A Model For Parallel Testing In Fortran

The other day I got some experience testing parallel code, and thought you all might be interested.

2 Likes

I’m happy that somebody’s writing about this.

So, in a nutshell, you do two things:

  1. Synchronize testing so that it’s deterministic
  2. Synchronize test output so that it’s easy to read.

Is that right? If yes, I do the same thing. Indeed, Fortran makes this very convenient to do easily and with few lines of code.

Maybe another important takeaway is that your framework does these two operations automatically? Whereas I’m still coding them by hand in each of my manual tests.

Actually, I don’t really synchronize the testing. I just let each image get its own answer. And I don’t really synchronize the output either. I just make sure multiple images aren’t trying to output at the same time. My framework is designed such that running the tests doesn’t produce output. It collects up the results for output later. That means output only happens in one place, and it’s easy to coordinate.
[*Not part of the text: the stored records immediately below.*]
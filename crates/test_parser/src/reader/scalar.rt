//! The tests of the reader of scalars, and of faults and places.

mod block;
mod directive;
mod plain;
mod printed;
mod property;
mod quoted;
If you’re testing immediately following a non-blocking operation, how do you ensure the results are deterministic?

Okay, that’s what I call synchronizing the output–ensuring it occurs in a deterministic order.

If you’re testing immediately following a non-blocking operation, how do you ensure the results are deterministic?

If the code you’re testing is non-deterministic or you need synchronization for some other reason, then it’s the test’s responsibility to do the synchronization. But I’m not doing any synchronization or comparison of the results between different images on the framework side. If different images give different answers, as far as the framework is concerned that’s perfectly fine. One image will report one answer, and another image will report a different answer.

The basic idea is as follows:

! some set up code. This will be identical on all images
if (this_image() == 1) then
    ! report what we're testing
end if 

results = tests%run() ! this is the actual line in the framework

critical
    ! report the results and define suite_failed
end critical
sync all ! This is the only synchronization the framework needs to do
if (this_image() == 1) then
    if (any([(suite_failed[i], i = 1, num_images())])) error stop
end if

The above is literally the code from the framework with a few details elided.

Okay, that’s what I call synchronizing the output–ensuring it occurs in a deterministic order.

The outputs actually aren’t in a deterministic order. The critical block ensures that only one image at a time is inside of it, but the images can go through in any order.

Okay, thanks for explaining that. I had a different idea about what you’re doing.